AI untuk Kreativitas: Mesin Boleh Membantu, Manusia Tetap Sutradara

AI untuk Kreativitas: Mesin Boleh Membantu, Manusia Tetap Sutradara Tri Raharjo, CEO TRAS N CO Indonesia, Ketua Umum Asosiasi Brand Indonesia (ABI)

Salah satu perdebatan yang paling sering muncul di era AI adalah soal kreativitas. Banyak yang bertanya, apakah AI akan menggantikan kreativitas manusia? Menurut saya, pertanyaan itu keliru sedari awal, karena isunya bukan tentang menggantikan, melainkan tentang bagaimana mengubah cara kita berkreasi. 

Hari ini AI mampu menulis, mendesain, membuat musik, bahkan menyusun konsep kampanye. Hasilnya cepat, rapi, dan sering kali terlihat cerdas. Dalam hitungan menit, berbagai alternatif ide bisa tersaji. Namun kreativitas sejati bukan sekadar kemampuan menghasilkan sesuatu. Kreativitas adalah kemampuan menentukan apa yang layak dihasilkan, mana yang relevan, dan mana yang sejalan dengan arah brand. 

Di titik itulah manusia tetap tidak tergantikan. AI boleh jadi sangat kuat ketika diposisikan sebagai co-creator. AI membantu membuka kemungkinan baru, mempercepat eksplorasi, dan memecah kebuntuan ide yang sering terjadi dalam proses kreatif. Naming, tagline, hingga draft konsep dapat lahir jauh lebih cepat dibandingkan sebelumnya. 

IKLAN INFOBRAND.ID

inject article ibos 1 - 2026

Akan tetapi, AI tidak memahami konteks emosional, nilai budaya, maupun sensitivitas sosial yang melekat pada sebuah brand. AI bekerja berdasarkan pola dan data, bukan pengalaman dan intuisi. Kreativitas tanpa konteks pada akhirnya hanya menjadi produksi. 

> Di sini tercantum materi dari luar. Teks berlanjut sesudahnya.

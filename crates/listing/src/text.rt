// The text of a line in the making: bytes, words and decimal numbers are added at its end.
ghost use Rattle.std.specs.Prelude.{◌≡◌, ◌+◌, [], ◌∷◌, ◌++◌, ◌≤◌, ◌<◌, length};
ghost use Rattle.synthesis.specs.Monitor.{mark, meaning};
ghost use Rattle.listing.specs.Text.{text, decimal};
ghost use Rattle.listing.specs.Lines.{lowest_text, answer_text};
ghost use Rattle.listing.specs.LineParts.{Prints};

use crate::Line;
use std::marker::Model;
use synthesis::DROPPED;

// A text of at most 64 bytes: the first len of them, before bytes that are 0. Contracts see the text as a list.
#[derive(Drop)]
pub(crate) struct Text {
    bytes: [u8; 64],
    len: usize,
}

impl Model for Text {
    ghost use Rattle.std.specs.Prelude.{ℕ, ◌≡◌, ◌≤◌, List, take};
    ghost use Rattle.reading.specs.Numbered.{padded};

    ghost Value = { List ℕ };

    ghost view = { λ t. take t.len t.bytes };

    ghost invariant = { λ t. (t.len ≤ 64) × (t.bytes ≡ padded 64 0 (take t.len t.bytes)) };
}

impl Text {
    // No text.
    pub(crate) fn new() -> Self
        ensures { result ≡ [] }
    {
        Text {
            bytes: [0; 64],
            len: 0,
        }
    }

    // The text with a word.
    pub(crate) fn word(mut self, word: &[u8]) -> Self
        requires { length self + length word.now ≤ 64 }
        ensures { result ≡ self ++ word.now }
    {
        let start = self.len;
        let end = start + word.len();
        self.bytes[start..end].copy_from_slice(word);
        self.len = end;
        self
    }

    // The text with one more byte.
    fn push(self, byte: u8) -> Self
        requires { length self < 64 }
        ensures { result ≡ self ++ byte ∷ [] }
    {
        self.word(&[byte])
    }

    // The text with a number in decimal. (std writes numbers too, but promises their digits only where writing succeeds.)
    #[tactic(auto, using(crate::proofs::Decimals::decimal_one, crate::proofs::Decimals::decimal_length))]
    pub(crate) fn decimal(self, n: usize) -> Self
        requires { length self + length (decimal n) ≤ 64 }
        ensures { result ≡ self ++ decimal n }
    {
        if n < 10 {
            return self.push(b'0' + n as u8);
        }
        self.decimal(n / 10).push(b'0' + (n % 10) as u8)
    }

    // The text with a space and a number.
    pub(crate) fn field(self, n: usize) -> Self
        requires { length self + length (decimal n) < 64 }
        ensures { result ≡ self ++ (text " " ++ decimal n) }
    {
        self.push(b' ').decimal(n)
    }

    // The text with a space and a lowest code. A caller can't tell how large the code in an enum is, so it is said here how long the text may be.
    #[tactic(auto, using(crate::proofs::Decimals::field_lengths))]
    pub(crate) fn lowest(self, lowest: Option<u8>) -> Self
        requires { length self + 5 ≤ 64 }
        ensures adds { result ≡ self ++ (text " " ++ lowest_text lowest) }
        ensures lowest_len_bound { length (lowest_text lowest) ≤ 4 }
    {
        match lowest {
            None => self.word(b" none"),
            Some(code) => self.field(code as usize),
        }
    }

    // The text with a space and an entry of a table.
    #[tactic(auto, using(crate::proofs::Decimals::drop_text, crate::proofs::Decimals::next_text, crate::proofs::Decimals::field_lengths))]
    pub(crate) fn entry(self, entry: u16) -> Self
        requires { length self + 6 ≤ 64 }
        ensures { result ≡ self ++ (text " " ++ answer_text (meaning mark entry)) }
    {
        if entry == DROPPED {
            return self.word(b" drop");
        }
        self.field(entry as usize)
    }

    // The line with this text and its end.
    pub(crate) fn line(self) -> Line
        requires { length self < 64 }
        ensures { Prints (self ++ text "\n") result }
    {
        let Text { bytes, len } = self.push(b'\n');
        Line { bytes, len }
    }
}
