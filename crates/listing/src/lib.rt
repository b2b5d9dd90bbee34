// The text that the programs print, line by line. The definitions that the contracts cite stand in specs/.
#![tactic(auto)]

mod lines;
mod text;

ghost use Rattle.std.specs.Prelude.{◌≡◌, ◌-◌, ◌/◌, ◌%◌, min, ◌≤◌, ◌<◌, length};
ghost use Rattle.listing.specs.Runs.{RunTo};
ghost use Rattle.listing.specs.Lines.{refusal_line, judgment_line};
ghost use Rattle.listing.specs.Positions.{line_of, Within, no_line, row_line_at, listing_line_at};
ghost use Rattle.listing.specs.LineParts.{Gives};

use reading::NumberedRule;

// A line of text: its first len bytes. The others are 0.
#[derive(Clone, Copy)]
pub struct Line {
    pub bytes: [u8; 64],
    pub len: usize,
}

// A line of a listing, and the position of the next one.
#[derive(Drop)]
pub struct ListingLine {
    pub line: Line,
    pub next: usize,
}

// The line that says why a file is refused, and where.
pub fn refusal_line(number: u8, place: usize) -> Line
    ensures value { result ≡ line_of (refusal_line number place) }
    ensures within { Within result }
{
    lines::refusal(number, place)
}

// The line that says whether a model meets a rule.
pub fn judgment_line(meets: bool) -> Line
    ensures value { result ≡ line_of (judgment_line meets) }
    ensures within { Within result }
{
    if meets {
        return lines::alone(b"meets");
    }
    lines::alone(b"breaks")
}

// No line, at a position after the last.
fn no_line(at: usize) -> ListingLine
    ensures { Gives (no_line at) result }
{
    let line = Line {
        bytes: [0; 64],
        len: 0,
    };
    ListingLine { line, next: at }
}

// The last code of the run from code c on.
fn run_end(row: &[u16], c: usize) -> usize
    requires { c < length row.now }
    ensures { RunTo row.now c result }
{
    let entry = row[c];
    match row[c..].iter().position(|&other| other != entry) {
        Some(many) => c + many - 1,
        None => row.len() - 1,
    }
}

// The line of the run at a position after the "equations" line. Code 0 of equation 0 has the position `start`.
fn row_line(table: &[u16], count: usize, start: usize, at: usize) -> ListingLine
    requires { (start ≤ 34) × (start ≤ at) }
    ensures { Gives (row_line_at table.now count start ((at - start) / 256) ((at - start) % 256) at) result }
{
    let k = (at - start) / 256;
    let c = (at - start) % 256;
    if count <= k {
        return no_line(at);
    }
    let row = synthesis::row(table, k);
    if row.len() <= c {
        return no_line(at);
    }
    let last = run_end(row, c);
    let line = lines::run(k, c as u8, last as u8, row[c]);
    ListingLine {
        line,
        next: start + 256 * k + last + 1,
    }
}

// The line of a listing at a position. The next one stands at `next`; at an empty line the listing has ended.
pub fn listing_line(rule: NumberedRule, table: &[u16], count: usize, at: usize) -> ListingLine
    ensures value { result ≡ listing_line_at rule table.now count at }
    ensures within { Within result.line }
{
    // An array of 32 has no more, whatever number the rule says.
    let n = rule.npatterns.min(32);
    if at == 0 {
        let line = lines::counted(b"patterns", n);
        return ListingLine { line, next: 1 };
    }
    if at <= n {
        let line = lines::pattern(at - 1, rule.patterns[at - 1].extent);
        return ListingLine { line, next: at + 1 };
    }
    if at == n + 1 {
        let line = lines::counted(b"equations", count);
        return ListingLine { line, next: at + 1 };
    }
    row_line(table, count, n + 2, at)
}
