// The lines of a listing, and those of a refusal and of a judgment.
ghost use Rattle.std.specs.Prelude.{[], ◌∷◌, ◌≤◌, length};
ghost use Rattle.listing.specs.Text.{decimal};
ghost use Rattle.listing.specs.Runs.{code_run};
ghost use Rattle.listing.specs.Lines.{line, refusal_line, pattern_line, run_line};
ghost use Rattle.listing.specs.LineParts.{Prints};

use crate::Line;
use crate::text::Text;
use reading::Extent;

// A word and a number.
#[tactic(auto, using(crate::proofs::Decimals::field_lengths))]
pub(crate) fn counted(word: &[u8], n: usize) -> Line
    requires { length word.now ≤ 16 }
    ensures { Prints (line (word.now ∷ decimal n ∷ [])) result }
{
    Text::new().word(word).field(n).line()
}

// A word alone.
pub(crate) fn alone(word: &[u8]) -> Line
    requires { length word.now ≤ 16 }
    ensures { Prints (line (word.now ∷ [])) result }
{
    Text::new().word(word).line()
}

// Pattern i.
#[tactic(auto, using(crate::proofs::Decimals::field_lengths))]
pub(crate) fn pattern(i: usize, extent: Extent) -> Line
    ensures { Prints (pattern_line i extent) result }
{
    Text::new()
        .word(b"p")
        .field(i)
        .lowest(extent.lowest)
        .field(extent.count as usize)
        .line()
}

// A run of equation k.
#[tactic(auto, using(crate::proofs::Decimals::field_lengths))]
pub(crate) fn run(k: usize, first: u8, last: u8, entry: u16) -> Line
    ensures { Prints (run_line k (code_run first last entry)) result }
{
    Text::new()
        .decimal(k)
        .field(first as usize)
        .field(last as usize)
        .entry(entry)
        .line()
}

// A refusal.
#[tactic(auto, using(crate::proofs::Decimals::field_lengths))]
pub(crate) fn refusal(number: u8, place: usize) -> Line
    ensures { Prints (refusal_line number place) result }
{
    Text::new()
        .word(b"refused")
        .field(number as usize)
        .word(b" at")
        .field(place)
        .line()
}
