// The options of the two programs.
ghost use Rattle.std.specs.Prelude.{◌≡◌, Some};
ghost use Rattle.cli.specs.Options.{name_of, option_of, takes, takes_value};

use std::fmt;

#[derive(Clone, Copy)]
pub enum Program {
    Seal,
    Open,
}

// What a word of the command line is for.
#[derive(Clone, Copy, PartialEq, Eq, Debug)]
pub enum Kind {
    Key,
    DataKey,
    Context,
    FrameLength,
    Id,
    Header,
    Force,
    Help,
    Version,
    // no option, but a file
    Operand,
}

// The kinds that are options.
const OPTIONS: [Kind; 9] = [
    Kind::Key,
    Kind::DataKey,
    Kind::Context,
    Kind::FrameLength,
    Kind::Id,
    Kind::Header,
    Kind::Force,
    Kind::Help,
    Kind::Version,
];

impl Kind {
    // How a person writes it.
    pub fn name(self) -> &'static str
        ensures value { result.now ≡ name_of self }
    {
        match self {
            Kind::Key => "--key",
            Kind::DataKey => "--data-key",
            Kind::Context => "--context",
            Kind::FrameLength => "--frame-length",
            Kind::Id => "--id",
            Kind::Header => "--header",
            Kind::Force => "--force",
            Kind::Help => "--help",
            Kind::Version => "--version",
            Kind::Operand => "a file",
        }
    }

    // The option of that name.
    pub fn of(word: &str) -> Option<Kind>
        ensures { result ≡ option_of word.now }
    {
        OPTIONS.iter().copied().find(|kind| word == kind.name())
    }

    // Whether the next word is its value.
    pub fn takes_value(self) -> bool
        ensures { result ≡ takes_value self }
    {
        matches!(
            self,
            Kind::Key | Kind::DataKey | Kind::Context | Kind::FrameLength | Kind::Id
        )
    }
}

impl fmt::Display for Kind {
    ghost output = { λ kind. Some (name_of kind) };

    fn fmt<W: fmt::Write>(&self, f: &mut fmt::Formatter<W>) -> fmt::Result {
        f.write_str(self.name())
    }
}

impl Program {
    pub fn takes(self, kind: Kind) -> bool
        ensures { result ≡ takes self kind }
    {
        match (self, kind) {
            (Program::Seal, Kind::Header) => false,
            (Program::Open, Kind::DataKey | Kind::FrameLength | Kind::Id) => false,
            _ => true,
        }
    }
}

Sebaliknya, kreativitas yang dibangun dengan konteks akan menjadi strategi. Perbedaannya terletak pada kedalaman makna dan arah yang dituju. Banyak brand terlalu jauh menyerahkan proses kreatif kepada AI. Hasilnya memang terlihat rapi dan profesional, tetapi terasa datar. 

Visualnya menarik, pilihan katanya tepat, namun tidak meninggalkan kesan mendalam. Yang hilang bukanlah estetika, melainkan arah kreatif, sesuatu yang hanya bisa ditentukan oleh manusia yang memahami identitas brand secara utuh.

IKLAN INFOBRAND.ID

Inject Article IBOS 2 -2026

Oleh karenanya posisikan lah AI sebagai asisten ide, bukan penentu arah. AI membantu memperluas opsi dan memperkaya kemungkinan, sementara manusia memilih mana yang paling relevan dengan identitas brand, nilai yang diyakini, serta emosi yang ingin dibangun. Dalam dunia kreatif, peran paling penting bukanlah siapa yang membuat, melainkan siapa yang memutuskan.

Kolaborasi manusia dan AI sebagai peluang besar bagi brand-brand Indonesia untuk naik kelas. Dengan dukungan AI, proses eksplorasi bisa lebih cepat, pengujian ide bisa lebih berani, dan produksi bisa lebih efisien. Sutradara kreatiflah yang menentukan cerita, emosi, dan pesan utama yang ingin disampaikan. AI hanyalah kru yang membantu menyiapkan set, pencahayaan, dan berbagai alternatif adegan. 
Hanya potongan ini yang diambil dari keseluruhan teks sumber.